Aged 27, she was also Big Brother’s first and to date only transgender winner. Her gender identity was revealed to viewers but not to the other housemates at Almada’s request.

It is unlikely that producers would sanction a similar arrangement today, given the heightened issues surrounding transgender women’s use of women’s spaces, but Almada says the reason she didn’t tell the other housemates about her gender identity was “to claim my own time, my own space, my own femininity, without labels. All my life, I have been dictated to by the state, the church, the community, my family about my identity – and still am! But inside the Big Brother House, I made the rules for myself.”

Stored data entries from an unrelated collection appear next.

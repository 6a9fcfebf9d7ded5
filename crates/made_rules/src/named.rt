//! The rules that are made of some leaves or rules.
ghost use Rattle.std.specs.Prelude.{◌≡◌, IfOk, filter, map};
ghost use Rattle.rule_ancestry.specs.Holding.{id_of};
ghost use Rattle.made_rules.specs.Rules.{is_held_of};

use crate::made::{Made, Origin};
use cv_io::Memory;
use rule_ancestry::Store;
use std::alloc::Global;

/// The ids of the rules that are made of some of these, rising.
pub fn made_of(alloc: Global, store: &Store<Made>, origins: &[Origin]) -> Result<Vec<usize>, Memory>
    ensures { IfOk result (λ ids. ids.items ≡ map id_of (filter (is_held_of origins.now) store.now)) }
{
    let mut ids = Vec::new(alloc);
    for origin in origins {
        let mut more = store.descend(*origin)?;
        ids.append(&mut more)?;
    }
    // A rule may be made of two of them.
    ids.sort()?;
    ids.dedup();
    let _count = store.len();
    Ok(ids)
}
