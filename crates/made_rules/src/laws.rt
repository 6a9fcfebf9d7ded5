//! What the definitions that contracts cite keep to.
ghost use Rattle.list_change.specs.Coming.{TellsEqual};
ghost use Rattle.made_rules.specs.Coming.{is_rule};

/// The test of two rules tells whether they are equal.
pub fn rules_are_told()
    ensures { TellsEqual is_rule }
{}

For her, the win was truly a personal victory; she spoke powerfully afterwards about how it felt to be accepted on her terms. But it also marked a significant moment in the public recognition of transgender identity, as it coincided with the year Labour’s Gender Recognition Act was passed, allowing transgender people to change their legal gender for the first time. As show presenter Davina McCall later said, “Britain has opened people’s eyes.”

Though Almada now lives largely out of the public eye, she spoke to the Guardian to mark the 20th anniversary of her victory, agreeing to reflect on what has changed for transgender women.

Nadia Almada appeared on Big Brother in 2004 while filming her wedding. Photo: Shutterstock

“I didn’t go there planning to be a role model or a reference point,” she says, “but inevitably I became that person, and ever since then there’s been a whole generation that has used me as their first introduction to understanding what it means to be a transgender woman.”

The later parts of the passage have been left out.